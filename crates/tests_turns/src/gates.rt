//! What a gate says of calls that are made one after another.
ghost use Rattle.std.specs.Prelude.{◌≤◌};
ghost use Rattle.claim_core.specs.Limits.{most_callers};

use activation::Gate;
use std::test::Fail;
use turn_workers::MeetGate;

/// For how many callers a gate is, how many looks it allows,
/// which callers come to it in which turns, and whether all have met.
static CALLS: [(u8, u64, &[(u8, u32)], bool); 9] = [
    // One of two meets nobody. The second finds both, but the first has used up its looks.
    (2, 10, &[(0, 0)], false),
    (2, 10, &[(0, 0), (1, 0)], false),
    // Nobody comes.
    (1, 10, &[], false),
    (16, 10, &[], false),
    // A caller alone meets itself in each turn.
    (1, 1, &[(0, 0)], true),
    (1, 1, &[(0, 0), (0, 1), (0, 7)], true),
    // A number that is no caller's is ignored.
    (1, 1, &[(1, 0), (200, 5)], false),
    (1, 1, &[(1, 0), (200, 5), (0, 0)], true),
    // There are no looks.
    (1, 0, &[(0, 0)], false),
];

fn are_met(callers: u8, looks: u64, calls: &[(u8, u32)]) -> bool
    requires { (1 ≤ callers) × (callers ≤ most_callers) }
{
    let gate = MeetGate::new(callers, looks);
    for (caller, turn) in calls {
        gate.claimed(*caller, *turn);
    }
    gate.met()
}

#[test]
fn a_gate_is_met_where_all_its_callers_find_each_other(rt: HostRuntime) -> Result<(), Fail> {
    for (callers, looks, calls, answer) in &CALLS {
        if *callers == 0 || *callers > 16 {
            Err("callers")?;
        }
        assert!(rt; are_met(*callers, *looks, calls) == *answer);
    }
    Ok(())
}
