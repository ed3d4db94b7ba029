//! What the machine of `claim_core` leaves after the steps that the callers of a field make.
ghost use Rattle.std.specs.Prelude.{◌≡◌, length, IsSome};
ghost use Rattle.std.specs.List.{All};
ghost use Rattle.amoebot_state.specs.Configs.{bot_at};

use activation::Turn;
use amoebot_state::{Decider, Entry, World};
use claim_core::{Core, Journal, Lists, Mark, Marks, Report};
use std::alloc::Global;
use std::process::Abort;
use std::test::Fail;

/// What is left after these steps, so many of one caller at a time, with which all callers end.
pub fn machine_leaves<D: Decider>(
    alloc: Global,
    decider: &D,
    world: &World,
    lists: &Lists,
    steps: &[(u8, u8)],
) -> Result<Report, Fail>
    requires { All (All (λ id. IsSome (bot_at world.now id))) lists.now.ids }
{
    let mut core = Core::make(alloc, decider, world.copy(alloc)?, lists)?;
    step_callers(&mut core, lists.callers(), steps)?;
    if !core.ended() {
        return Err(Fail::from("a caller has turns left"));
    }
    Ok(core.report())
}

fn step_callers<D: Decider>(
    core: &mut Core<'_, D>,
    callers: u8,
    steps: &[(u8, u8)],
) -> Result<(), Fail>
    requires { length core.old.state.callers ≡ callers }
{
    for (caller, count) in steps {
        if *caller >= callers {
            return Err(Fail::from("no such caller"));
        }
        for _step in 0..*count {
            core.step(*caller);
        }
    }
    Ok(())
}

/// The answer's mark is the one that is expected of its turn.
pub fn is_marked(rt: &impl Abort, expected: &Marks, answer: &Turn) -> Result<(), Fail> {
    has_mark(rt, expected, answer.caller(), answer.turn(), answer.mark())
}

/// This mark is the one that is expected of a caller's turn.
pub fn has_mark(
    rt: &impl Abort,
    expected: &Marks,
    caller: u8,
    turn: u32,
    mark: Mark,
) -> Result<(), Fail> {
    if caller >= expected.callers() || turn >= expected.count(caller) {
        return Err(Fail::from("no mark"));
    }
    assert!(rt; mark == expected.mark(caller, turn));
    Ok(())
}

/// The last world and the journal are those of the report.
pub fn is_left(rt: &impl Abort, report: &Report, last: &World, journal: &Journal) {
    assert!(rt; last.same(&report.world) && journal.first().same(report.journal.first()));
    assert!(rt; journal.entries().len() == report.journal.entries().len());
    for (entry, expected) in journal.entries().iter().zip(report.journal.entries()) {
        is_same(rt, entry, expected);
    }
}

fn is_same(rt: &impl Abort, entry: &Entry, expected: &Entry) {
    assert!(rt;
        entry.caller == expected.caller && entry.turn == expected.turn && entry.bot == expected.bot
    );
    assert!(rt; entry.action == expected.action && entry.moved == expected.moved);
    assert!(rt; entry.patch.triples() == expected.patch.triples());
}
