//! What the definitions come to. Each law is the contract of a function that does nothing.
#![tactic(auto)]

ghost use Rattle.runtime_whole.specs.Laws.{OpeningIsWhole, HandlesKeep, StartsKeep, GuardedSuffice, WritesKeep, StoresKeep, InstructionsKeep, LoadsKeep, DiscardsKeep, UnloadsKeep, EndIsWhole, StoresStayWhole, InstructionsStayWhole, TurnsStayWhole};

use base_reloc::{read_sites_are_sound, sites_are_entries};
use image_services::images_stay_in_order;
use map_transition::{places_are_firmwares, touched_stay, whole_stays};
use page_alloc::{calls_leave_others, opening_covers_ram, others_stay};
use pe_image::read_images_are_sound;
use pool_alloc::pool_leaves_others;

/// At opening, with no image, `BootWhole` holds.
pub fn opening_is_whole()
    ensures { OpeningIsWhole }
{
    opening_covers_ram();
    places_are_firmwares();
}

/// `BootWhole` stays where handles are made.
pub fn handles_keep()
    ensures { HandlesKeep }
{
    images_stay_in_order();
}

/// `BootWhole` stays where guarded pages, those of the firmware and of images, are left as they are.
pub fn guarded_suffice()
    ensures { GuardedSuffice }
{}

/// `BootWhole` stays where bytes are written and pages touched, as by stores of code and by outputs of services.
pub fn writes_keep()
    ensures { WritesKeep }
{}

/// `BootWhole` stays where bytes are stored, through any view, and behind each instruction, however it ends.
pub fn instructions_keep()
    ensures stores { StoresKeep }
    ensures instructions { InstructionsKeep }
{
    touched_stay();
}

/// `BootWhole` stays where an image file is loaded or refused, and where the host lacks memory for it.
pub fn loads_keep()
    ensures { LoadsKeep }
{
    calls_leave_others();
    read_images_are_sound();
    read_sites_are_sound();
    sites_are_entries();
    images_stay_in_order();
}

/// `BootWhole` stays where an image is started.
pub fn starts_keep()
    ensures { StartsKeep }
{
    images_stay_in_order();
}

/// `BootWhole` stays where an image goes, with its protocol, its block and its pages, and where it isn't known or was started.
pub fn discards_keep()
    ensures discards { DiscardsKeep }
    ensures unloads { UnloadsKeep }
{
    calls_leave_others();
    others_stay();
    pool_leaves_others();
    images_stay_in_order();
}

/// Where `BootWhole` holds, the state behind the end of boot services is `Whole`, as the making of a virtual address map asks.
pub fn end_is_whole()
    ensures { EndIsWhole }
{
    places_are_firmwares();
}

/// `Whole` stays where bytes are stored, through any view, and behind each instruction and each turn at run time, however it
/// ends.
pub fn turns_stay_whole()
    ensures stores { StoresStayWhole }
    ensures instructions { InstructionsStayWhole }
    ensures turns { TurnsStayWhole }
{
    touched_stay();
    whole_stays();
}
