//! The state that runtime services need is whole once boot services have ended: what has to be so of it before, and what
//! keeps that (UEFI 2.10, section 7.4.6).
#![tactic(auto)]

mod laws;
mod services;

pub use laws::{
    discards_keep, end_is_whole, guarded_suffice, handles_keep, instructions_keep, loads_keep,
    opening_is_whole, starts_keep, turns_stay_whole, writes_keep,
};
pub use services::{
    console_keeps, event_services_keep, image_services_keep, memory_writes_keep, pages_keep,
    pool_keeps, protocol_services_keep, runtime_services_keep,
};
===============
● **EXERCISE DIRECTIONS**:
Say the number of lines in the material above that contain the word "from", and nothing else.

● **RESULT**:
3